West Midlands Police intercepted him on February 6 coming off the M6 in Birmingham and seized his car for being uninsured.

A phone used to run the drugs line – known as ‘Castro’ and which had more than 100 customer contacts – was found following a search of the vehicle.

A pair of black school trousers, a white shirt and school tie belonging to a missing child from Birmingham was also discovered.

A Mountain Dew drink bottle and a Ribena carton were also recovered and forensic examination later returned a DNA match to two other missing 15-year-old boys.

Officers from Lincolnshire Police recorded video evidence of children passing drugs to punters and swooped on another flat on February 12.

Three further 15-year-old boys, all reported as missing from Birmingham, were found as well as 25 wraps of heroin and crack cocaine, plus cash and two ‘zombie’ knives.

And CCTV from Birmingham New Street station showed him buying train tickets for two children to travel to Lincoln on March 26.

Mohammed, was arrested when his Passat was stopped later that day heading into Lincoln.

He refused to comment during police interview but later admitted four counts of possessing drugs with intent to supply and five counts of human trafficking. 

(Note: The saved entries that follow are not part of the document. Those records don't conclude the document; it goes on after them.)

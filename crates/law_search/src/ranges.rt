//! The ghost members for the printed text of a `Range` of counts, and its conversion by the bound.

ghost use Rattle.std.specs.Prelude.{◌≡◌, Some};
ghost use Rattle.winnow_count.specs.CountRange.{range_text};
ghost use Rattle.winnow_count.specs.declared.range.Range.{Range};

use std::fmt::{Debug, Display};
use winnow_count::Range;

/// The members for the printed text of a range, spelled out. No format option changes it.
pub fn text_members()
    ensures shown { (range : Range)
        → ⟦<Range as Display>⟧.output range ≡ Some (range_text range) }
    ensures styled { (range : Range) (spec : _)
        → ⟦<Range as Display>⟧.styled_output range spec ≡ Some (range_text range) }
    ensures debugged { (range : Range)
        → ⟦<Range as Debug>⟧.debug_output range ≡ Some (range_text range) }
{}

/// Makes a range through the bound.
pub fn range_of<C: Into<Range>>(counts: C) -> Range
    ensures { C.converts counts result }
{
    counts.into()
}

Passing sentence today, judge Nicholas Webb, said: ‘The fact is the children were being taken away for days or weeks, exposed to potential danger in a squalid environment.’

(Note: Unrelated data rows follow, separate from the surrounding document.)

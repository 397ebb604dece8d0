//! `EventReader`: events of replies from bytes that come in pieces.

ghost use Rattle.std.specs.Prelude.{◌≡◌, ◌<◌, vec_len, vec_capacity};
ghost use Rattle.format_resp.specs.declared.reply.Reply.TheViews.{out-Reply};
ghost use Rattle.format_resp_events.specs.Events.{first_event};
ghost use Rattle.format_resp_events.specs.OpenArrays.{lacks_of, after_head};
ghost use Rattle.format_resp_events.specs.Reading.{end_answer};

use crate::ReplyEvent;
use crate::event::first_event;
use crate::heads::{Head, next_head};
use crate::open_arrays::OpenArrays;
use format_resp::{Cause, Reply, ReplyTo};
use std::alloc::{AllocError, Global};
use std::marker::Model;
use winnow_reader::Next;
use winnow_scan::ScanReader;

/// Why a reader has no event.
#[derive(Clone, Copy, Debug, Drop, PartialEq, Eq)]
pub enum EventError {
    /// No reply within the limits stands where one is due, whatever follows
    Damaged {
        /// The place that is wrong, in the joined input
        place: usize,
        /// What is wrong there
        cause: Cause,
    },
    /// Memory was refused. Nothing has changed, and the call may be made again
    Refused(AllocError),
}

/// A reader of the events of replies that come in pieces.
///
/// The input is replies within limits, one after the other, as a `ScanReader` of
/// [`ReplyTo`](format_resp::ReplyTo) reads them. The reader keeps the longest text or bulk string,
/// one piece, and a number for each array that is open.
///
/// ```
/// let mut reader = EventReader::new(alloc, limits);
/// ..
/// push(&mut reader, &text[..cut])?;
/// ..
/// reader.end();
/// ```
#[derive(Drop)]
pub struct EventReader {
    // The reader of replies that stand in no array
    replies: ScanReader<ReplyTo>,
    open: OpenArrays,
    depth: usize,
}

impl Model for EventReader {
    ghost use Rattle.std.specs.Prelude.{◌≡◌};
    ghost use Rattle.format_resp_events.specs.OpenArrays.{lacks_of};
    ghost use Rattle.format_resp_events.specs.Reading.{EventState};

    ghost Value = { EventState };

    ghost view = { λ r. record {
      replies = r.replies;
      open_arrays = lacks_of r.open;
      depth = r.depth;
    } };

    ghost invariant = { λ r. r.replies.parser.depth ≡ 0 };
}

// Takes a whole reply, whose array, if it is one, has no replies. Room is made before.
fn take(open: &mut OpenArrays, reply: Reply) -> ReplyEvent
    requires { vec_len open.old.lacks < vec_capacity open.old.lacks }
    ensures lacks { lacks_of open.new ≡ after_head (out-Reply reply) (lacks_of open.old) }
    ensures event { result ≡ first_event (out-Reply reply) }
{
    if matches!(reply, Reply::Array(_)) {
        open.begin(0);
    } else {
        open.end_reply();
    }
    first_event(reply)
}

// Returns what the reader answers at the end of an input of this length.
fn end_answer(open: &OpenArrays, fed: usize) -> Result<Next<ReplyEvent>, EventError>
    ensures { result ≡ end_answer (lacks_of open.now) fed }
{
    if open.len() == 0 {
        return Ok(Next::Done);
    }
    Err(EventError::Damaged {
        place: fed,
        cause: Cause::EndsInside,
    })
}

impl EventReader {
    ghost use Rattle.std.specs.Prelude.{◌≡◌, ◌+◌, ◌<◌, ◌^◌, [], false, length, OnOk, OnErr};
    ghost use Rattle.winnow_reader.specs.State.{fed_of};
    ghost use Rattle.format_resp_events.specs.Reading.{new_reader, events_pushed};
    ghost use Rattle.format_resp_events.specs.Reading.{events_unspent, events_ended};
    ghost use Rattle.format_resp_events.specs.Reading.{HasGiven, GivesAlso, GivesOn, KeepsLimits};
    ghost use Rattle.format_resp_events.specs.Reading.{next_events, IsNext};

    /// Returns a reader that nothing was pushed to.
    pub fn new(alloc: Global, limits: ReplyTo) -> EventReader
        ensures state { result ≡ new_reader limits }
        ensures read { HasGiven result [] [] }
    {
        let outside = ReplyTo {
            depth: 0,
            longest: limits.longest,
        };
        EventReader {
            replies: ScanReader::new(alloc, outside),
            open: OpenArrays::new(alloc),
            depth: limits.depth,
        }
    }

    /// Appends a piece to what is ahead, and drops what events took. When memory is refused,
    /// nothing else has changed, and the same piece may be pushed again.
    pub fn push(&mut self, piece: &[u8]) -> Result<(), AllocError>
        requires goes_on { self.old.replies.ended ≡ false }
        requires fits { fed_of self.old.replies + length piece.now < 2 ^ 64 }
        ensures ok { OnOk result (self.new ≡ events_pushed self.old piece.now) }
        ensures read { OnOk result (GivesAlso self.old piece.now self.new) }
        ensures refused { OnErr result (self.new ≡ events_unspent self.old) }
    {
        self.replies.push(piece)?;
        Ok(())
    }

    /// Notes that nothing more follows.
    pub fn end(&mut self)
        ensures state { self.new ≡ events_ended self.old }
        ensures read { GivesOn self.old [] self.new }
    {
        self.replies.end();
    }

    /// Reads the next event.
    ///
    /// After an error the reader stays as it is, and each call gives that error again. Where more
    /// is needed or memory was refused, the call may be made again.
    pub fn next_event(&mut self) -> Result<Next<ReplyEvent>, EventError>
        ensures read { GivesOn self.old (next_events result) self.new }
        ensures keeps { KeepsLimits self.old self.new }
        ensures answer { IsNext self.old result self.new }
    {
        if !self.open.is_due() {
            self.open.end_array();
            return Ok(Next::Value(ReplyEvent::EndArray));
        }
        // Room is made before a reply is taken, so that a refusal changes nothing.
        if let Err(refused) = self.open.make_room() {
            return Err(EventError::Refused(refused));
        }
        match next_head(&mut self.replies, self.open.len() >= self.depth) {
            Ok(Head::Whole(reply)) => Ok(Next::Value(take(&mut self.open, reply))),
            Ok(Head::Array(count)) => {
                self.open.begin(count);
                Ok(Next::Value(ReplyEvent::StartArray(count)))
            }
            Ok(Head::NeedsMore) => Ok(Next::NeedsMore),
            Ok(Head::End) => end_answer(&self.open, self.replies.fed()),
            Err(error) => Err(error),
        }
    }
}

impl EventReader {
    ghost use Rattle.std.specs.Prelude.{◌≡◌, length};
    ghost use Rattle.winnow_reader.specs.State.{fed_of, bytes_kept};

    /// Returns the length of the joined input so far.
    pub fn fed(&self) -> usize
        ensures { result ≡ fed_of self.now.replies }
    {
        self.replies.fed()
    }

    /// Returns where the next event begins in the joined input: how many bytes events took.
    pub fn place(&self) -> usize
        ensures { result ≡ self.now.replies.place }
    {
        self.replies.place()
    }

    /// Returns how many bytes are kept: those ahead, and those that events took since the last
    /// piece.
    pub fn held(&self) -> usize
        ensures { result ≡ bytes_kept self.now.replies }
    {
        self.replies.held()
    }

    /// Returns how many arrays are open.
    pub fn level(&self) -> usize
        ensures { result ≡ length self.now.open_arrays }
    {
        self.open.len()
    }

    /// Returns whether the input has ended.
    pub fn has_ended(&self) -> bool
        ensures { result ≡ self.now.replies.ended }
    {
        self.replies.has_ended()
    }
}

Investigating Officer, Detective Constable Max Gebhard, of West Midlands Police, said after the case: ‘Mohammed claimed to be playing the role of a ‘trusted and informed lieutenant’ and that there were drug bosses further up the chain – but I believe he was very much in charge.

‘He was a very busy man, living the life of a travelling salesman, sleeping in service stations and out on the road for many hours each day taking drugs and phones to children in the cuckooed addresses in Lincoln whilst taking away the money that had been made.

‘The ‘Castro’ drugs line number was changed four times in a bid to avoid detection by the police.

‘Each time a mass text message would be sent out to its scores of users alerting them to the new number on which to place orders – and when those orders came in Mohammed would contact the children to fulfill the deals.

‘This is a hugely significant conviction for West Midlands Police and law enforcement as a whole across the UK.

‘It shows that we can go after County Lines offenders not just for drug supply but also under trafficking legislation due to them exploiting children.

‘And that means stiffer custodial sentences for offenders.’

Detective Inspector Tom Hadley said there was no evidence the children Mohammed exploited ever saw any of the drugs money.

He added: ‘Children are often groomed to deal drugs with false promises of money and the allure of leading an exciting lifestyle.

‘In reality, we found three children inside a one-bed flat alongside two Class A drug users surrounded by used syringes.

‘The place was filthy, cold and there was no food in the kitchen; the children looked drawn, tired and hungry.

‘They were not wearing new trainers or designer clothes, they didn’t have new phones or gadgets.

‘They were not making money – they were having their childhood stolen from them by Mohammed who considered them expendable ‘workhorses’.

‘That’s the reality for children that are lured into this world through false promises.

‘Mohammed has been convicted of trafficking three vulnerable children but we suspect there were many more.

‘On this occasion we treated them as victims, not drug dealers, because they were being groomed and exploited.

‘They have been referred via the Human Trafficking National Referral Mechanism where they and their families can receive wraparound support from child services and hopefully be steered towards brighter futures.’